N.C.G.S. § 8C-1, Rule 804(b)(5).

    The first requirement for a statement to be admitted under the residual hearsay exception is that the declarant be unavailable as a witness. N.C.G.S. § 8C-1, Rule 804(b). A declarant is unavailable if she “[p]ersists in refusing to testify concerning the subject matter of [her] statement despite an order of the court to do so.” N.C.G.S. § 8C-1, Rule 804(a)(2).
    In the present case, the witness never definitively refused to testify and certainly did not persist in a refusal to testify in the manner contemplated by Rule 804. Indeed, during her voir dire by the State when she was originally called as a witness, Mrs. Finney never indicated an unequivocal persistence in refusing to testify. Rather, Mrs. Finney was responsive and cooperative in answering the trial court's questions. In essence, Mrs. Finney told the trial court that she did not “wish” to testify due to her alleged harassment by the prosecutor. Even when the trial court appeared to close the voir dire by telling the prosecutor, “I believe it's time to make a decision about whether or not you're going to have a witness,” Mrs. Finney provided an unprompted response that, “He's [the prosecutor] the cause of me losing my job, sir.” This is further evidence that Mrs.

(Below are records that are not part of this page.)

//! What is known of each output before it is searched.

ghost use Rattle.std.specs.Prelude.{◌≡◌, ◌<◌, ℕ, Option as Maybe, true, length, option_map, Some, IfOk, IfErr, IfSome};
ghost use Rattle.std.specs.List.{AllZip};
ghost use Rattle.td_circuit.specs.Settings.{Setting};
ghost use Rattle.td_circuit.specs.Numbering.{nets, setting};
ghost use Rattle.td_domain.specs.Pairs.{Pair as PairModel};
ghost use Rattle.td_domain.specs.Admits.{Admitted, IsAdmitted};
ghost use Rattle.td_domain.specs.FirstSignals.{AreFirstSignals};
ghost use Rattle.td_edges.specs.Coverage.{span_reach};
ghost use Rattle.td_edges.specs.EdgeSignals.{edge_functions};
ghost use Rattle.td_source.specs.Each.{alone};
ghost use Rattle.td_refutation.specs.Asking.{Asking, all_admitted};
ghost use Rattle.td_lines.specs.declared.line.Found.{Found as FoundModel};
ghost use Rattle.td_answer.specs.declared.refusal.Refusal.TheVariants as RefusalAs;
ghost use Rattle.td_answer.specs.Columns.{pairs_of};
ghost use Rattle.td_answer.specs.Findings.{IsTrueFound};
ghost use Rattle.td_answer.specs.Outlooks.{HasLow, IsLow, IsOutlookAt, IsSample, IsTrueLow, IsTrueOutlook, shown};
ghost use Rattle.td_answer.specs.Sightings.{HasFigure, PairHas, shown_by};
ghost use Rattle.td_answer.specs.Tables.{IsTrueBound, IsUnanswered};

use crate::alone::Inquiry;
use crate::changes::is_closed;
use crate::sample::Sample;
use std::alloc::{AllocError, Global};
use td_circuit::Circuit;
use td_domain::{Admit, Domain, Pair, signals};
use td_edges::{Edges, Signal};
use td_lines::Found;
use td_refutation::NamedCondition;
use td_request::{Search, Strategy};
use td_search::SearchFault;
use td_stop::Stop;

/// After how many nodes, at most, `auto` bounds by edges.
const FIRST_NODES: u32 = 10_000;

/// What is known of an output before it is searched: its bound by edges, and the delay of an
/// admitted pair, with that pair, where one is known.
#[derive(Clone, Copy)]
pub(crate) struct Outlook<'a> {
    pub(crate) edges: Option<u64>,
    pub(crate) low: Option<u64>,
    pub(crate) pair: Option<&'a Pair>,
}

impl<'a> Outlook<'a> {
    /// The bound, once the stop is set: then the output isn't searched any more.
    pub(crate) fn at_the_end(self, stop: &Stop) -> Option<u64>
        ensures { (high : ℕ) → result ≡ Some high → self.entry.edges ≡ Some high }
    {
        if stop.is_set() {
            return self.edges;
        }
        None
    }
}

/// What an admitted pair and a bound say.
fn closer(low: u64, high: u64) -> Found
    ensures found { (given : Setting) (admit : Admitted) → IsTrueBound given admit (Some high) → IsTrueLow given admit (Some low)
        → IsTrueFound given (all_admitted admit) result }
    ensures pair { (given : Setting) (asking : Asking) (pair : Maybe PairModel) → PairHas given asking low pair
        → HasFigure given asking result (shown_by result pair) }
{
    if high <= low {
        return Found::Exact(low);
    }
    Found::Between { low, high }
}

/// What these figures say of the pairs that are asked about.
fn figure(keep: &[NamedCondition], low: Option<u64>, high: u64) -> Found
    ensures found { (given : Setting) (admit : Admitted) → IsTrueBound given admit (Some high) → IsTrueLow given admit low
        → IsTrueFound given (record { admit = admit; keep = keep.now }) result }
    ensures pair { (given : Setting) (admit : Admitted) (pair : Maybe PairModel) → HasLow given admit pair low
        → HasFigure given (record { admit = admit; keep = keep.now }) result (shown_by result pair) }
{
    if !keep.is_empty() {
        return Found::AtMost(high);
    }
    match low {
        None => Found::AtMost(high),
        Some(low) => closer(low, high),
    }
}

/// Whether a search would end with this figure: it bounds by edges, and leaves nothing open.
fn ends_so(search: &Search<'_>, found: Found) -> bool {
    match search.strategy {
        Strategy::Auto => FIRST_NODES < search.effort.budget && is_closed(found),
        Strategy::Least | Strategy::Lead | Strategy::Refute => false,
    }
}

/// A figure, where the output isn't searched: its search would end so, or the stop is set.
fn chosen(found: Found, is_set: bool, ends: bool) -> Option<Found>
    ensures { (other : FoundModel) → result ≡ Some other → other ≡ found }
{
    if is_set || ends {
        return Some(found);
    }
    None
}

/// What is found of an output that isn't searched.
pub(crate) fn unsearched(outlook: Outlook<'_>, inquiry: Inquiry<'_, '_>) -> Option<Found>
    ensures found { (given : Setting) (found : FoundModel) → IsTrueOutlook given inquiry.entry.admit.now outlook.entry → result ≡ Some found
        → IsTrueFound given (pairs_of inquiry.entry) found }
    ensures pair { (given : Setting) (found : FoundModel) → IsTrueOutlook given inquiry.entry.admit.now outlook.entry → result ≡ Some found
        → HasFigure given (pairs_of inquiry.entry) found (shown_by found (shown outlook.entry.pair)) }
{
    match outlook.edges {
        None => None,
        Some(high) => {
            let found = figure(inquiry.keep, outlook.low, high);
            let is_set = inquiry.limits.stop.is_set();
            let ends = ends_so(inquiry.search, found);
            chosen(found, is_set, ends)
        }
    }
}

/// When the output with this net changes last in the run of a sample, if there is one: 0 where it
/// never does.
fn low_in(sample: &Option<Sample>, net: u32) -> Option<u64>
    requires { IfSome sample.now (λ sample. net < length sample.run.waves) }
    ensures { IsLow sample.now net result }
{
    match sample {
        Some(sample) => Some(sample.run.wave(net).last().unwrap_or(0)),
        None => None,
    }
}

/// The pair of a sample, if there is one.
fn pair_in(sample: &Option<Sample>) -> Option<&Pair>
    ensures { shown result ≡ option_map (λ sample. sample.pair) sample.now }
{
    match sample {
        Some(sample) => Some(&sample.pair),
        None => None,
    }
}

/// What is known of the output with this net, by the signals of edges and a sample, if there is one.
fn outlook_at<'a>(signals: &[Signal], sample: &'a Option<Sample>, net: u32) -> Outlook<'a>
    requires net { net < length signals.now }
    requires run { IfSome sample.now (λ sample. net < length sample.run.waves) }
    ensures { IsOutlookAt signals.now sample.now net result }
{
    let signal = &signals[net as usize];
    let edges = Edges::last(signal);
    let low = low_in(sample, net);
    let pair = pair_in(sample);
    Outlook { edges, low, pair }
}

/// What is known of each output, in order, by the signals of edges and a sample, if there is one.
fn listed<'a>(
    alloc: Global,
    circuit: &Circuit,
    admit: &Admit,
    signals: &[Signal],
    sample: &'a Option<Sample>,
) -> Result<Vec<Outlook<'a>>, AllocError>
    requires held { length admit.now.held ≡ length circuit.now.netlist.inputs }
    requires all { length signals.now ≡ length (nets circuit.now) }
    requires front { AreFirstSignals edge_functions (λ signal. span_reach signal.changes) circuit.now admit.now.pins signals.now }
    requires sample { IfSome sample.now (IsSample circuit.now admit.now) }
    ensures { IfOk result (λ outlooks. AllZip (λ output. IsTrueOutlook (alone (setting circuit.now) output) admit.now)
        circuit.now.netlist.outputs outlooks.items) }
{
    // For the prover: the circuit's numbering and moments, and the pins' positions.
    let _gates = circuit.gates();
    let _moments = circuit.moments();
    let _pins = admit.pins();
    let mut outlooks = Vec::new(alloc);
    for net in circuit.outputs() {
        let outlook = outlook_at(signals, sample, *net);
        outlooks.push(outlook)?;
    }
    Ok(outlooks)
}

/// What is known of each output, in order, by one evaluation of edges and a sample.
fn known<'a>(
    alloc: Global,
    circuit: &Circuit,
    admit: &Admit,
    sample: &'a Option<Sample>,
) -> Result<Vec<Outlook<'a>>, AllocError>
    requires held { length admit.now.held ≡ length circuit.now.netlist.inputs }
    requires sample { IfSome sample.now (IsSample circuit.now admit.now) }
    ensures { IfOk result (λ outlooks. AllZip (λ output. IsTrueOutlook (alone (setting circuit.now) output) admit.now)
        circuit.now.netlist.outputs outlooks.items) }
{
    let signals = signals::<Edges>(alloc, circuit, admit.pins())?;
    listed(alloc, circuit, admit, &signals, sample)
}

/// Whether no pair is admitted.
fn admits_none(admit: &Admit) -> bool
    ensures { result ≡ true → (pair : PairModel) → ¬ IsAdmitted admit.now pair }
{
    !admit.any(admit.pins())
}

/// What is known of each output, in order, with the help of a sample, if there is one. Where there is
/// an output, some pair has to be admitted.
pub(crate) fn outlooks<'a>(
    alloc: Global,
    circuit: &Circuit,
    admit: &Admit,
    sample: &'a Option<Sample>,
) -> Result<Vec<Outlook<'a>>, SearchFault>
    requires held { length admit.now.held ≡ length circuit.now.netlist.inputs }
    requires sample { IfSome sample.now (IsSample circuit.now admit.now) }
    ensures outlooks { IfOk result (λ outlooks. AllZip (λ output. IsTrueOutlook (alone (setting circuit.now) output) admit.now)
        circuit.now.netlist.outputs outlooks.items) }
    ensures fault { IfErr result (λ fault. IsUnanswered admit.now (RefusalAs.Search fault)) }
{
    if !circuit.outputs().is_empty() && admits_none(admit) {
        return Err(SearchFault::NoPair);
    }
    let outlooks = known(alloc, circuit, admit, sample)?;
    Ok(outlooks)
}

Finney was capable of being a responsive witness. While Mrs. Finney may have been a hostile witness for the State, we cannot conclude based on the record before us that sufficientinquiry was made by the trial court to determine that Mrs. Finney would persist in refusing to testify.
    We also note that the State concedes that the trial court and Court of Appeals committed various legal errors in considering the admission of Harper's hearsay testimony. Specifically, the State acknowledges that: (1) the trial court made inadequate findings as to the hearsay statement's reliability as required under the “residual” hearsay exception analysis and improperly referred to the hearsay statement's consistency with other statements and testimony rather than the particularized guarantees of trustworthiness found in the statement and circumstances at the time the statement was made; (2) the statement in the Court of Appeals' opinion that “testimony was admitted as an exception to the hearsay rule and, consequently, a right of confrontation does not apply,” is in conflict with Idaho v. Wright, 497 U.S. 805, 111 L. Ed. 2d 638 (1990), cert. denied, 513 U.S. 1130, 130 L. Ed. 2d 886 (1995), because the “residual” hearsay exception in this case is not “firmly rooted” and only where an exception is “firmly rooted” will the rights of confrontation and cross examination be foregone; and (3) the Court of Appeals' opinion improperly referenced the hearsay statement's consistency with other statements admitted at trial where the proper analysis is whether the statement to the detective, standing alone, was inherently trustworthy.
    Additionally, we note that the transcript of the trialproceedings indicates that Virginia Finney was present in the courtroom at various stages of the proceedings. Indeed, immediately after the verdict was read, Mrs. Finney asked the trial court, “Judge, may I say something as being the victim?” The court responded, “No, ma'am, not now.” Mrs. Finney also testified on behalf of defendant during the sentencing proceeding as follows:
        He [defendant] needs help. I've written to him to support him with a Christian background. There's a reason why I could not testify the other day. I have worked hard this year trying to find jobs, sir. I went out _ after the episode happened, I met with Mr. Harper on two occasions and I never heard from him after that. There was no police officers checked on me to see if I was okay, if I needed anything.

        . . . .

        I want to get to the reason of why I could not testify. Corey Ellis [the prosecutor] pulled me into his office and closed the door, and I felt like I was trapped in a box. His secretary put her hand up over the door and they read the article from Florida. It was nothing that was stated today. It was how the girl was tortured. And he said, “Now can you imagine your life?” And I went all hysterical.

        . . . .

        Corey Ellis has threatened to arrest me. He brought me in the other day and told me if I didn't show up, he would arrest me. Every which way I turned I'm going to be arrested if I'm not here. I did not want to testify for a lot of these reasons. I did not want this trial to go on any longer. I feel like that night happened because of Steve's drinking problem. And if he had counseling and help, he might could get through some of that, some of the problems he's had.
        . . . .

        I feel like these women that he had encounters with that's his single life. That has nothing to do with my case, or what with us. Steve was a decent person, unless he was drinking. I would just recommend _ I wanted to talk and then you told me to sit down. . . .
        . . . .

        And I just feel like that Corey Ellis _ I went back to my job after I was subpoenaed and I was fired from my job because of this case. And Corey Ellis caused this to happen to me. They said if I had not _ And ever since that day in that office, I've had to take medication and I've not taken any in two days now. And I just feel like this _ this has been an unfair situation.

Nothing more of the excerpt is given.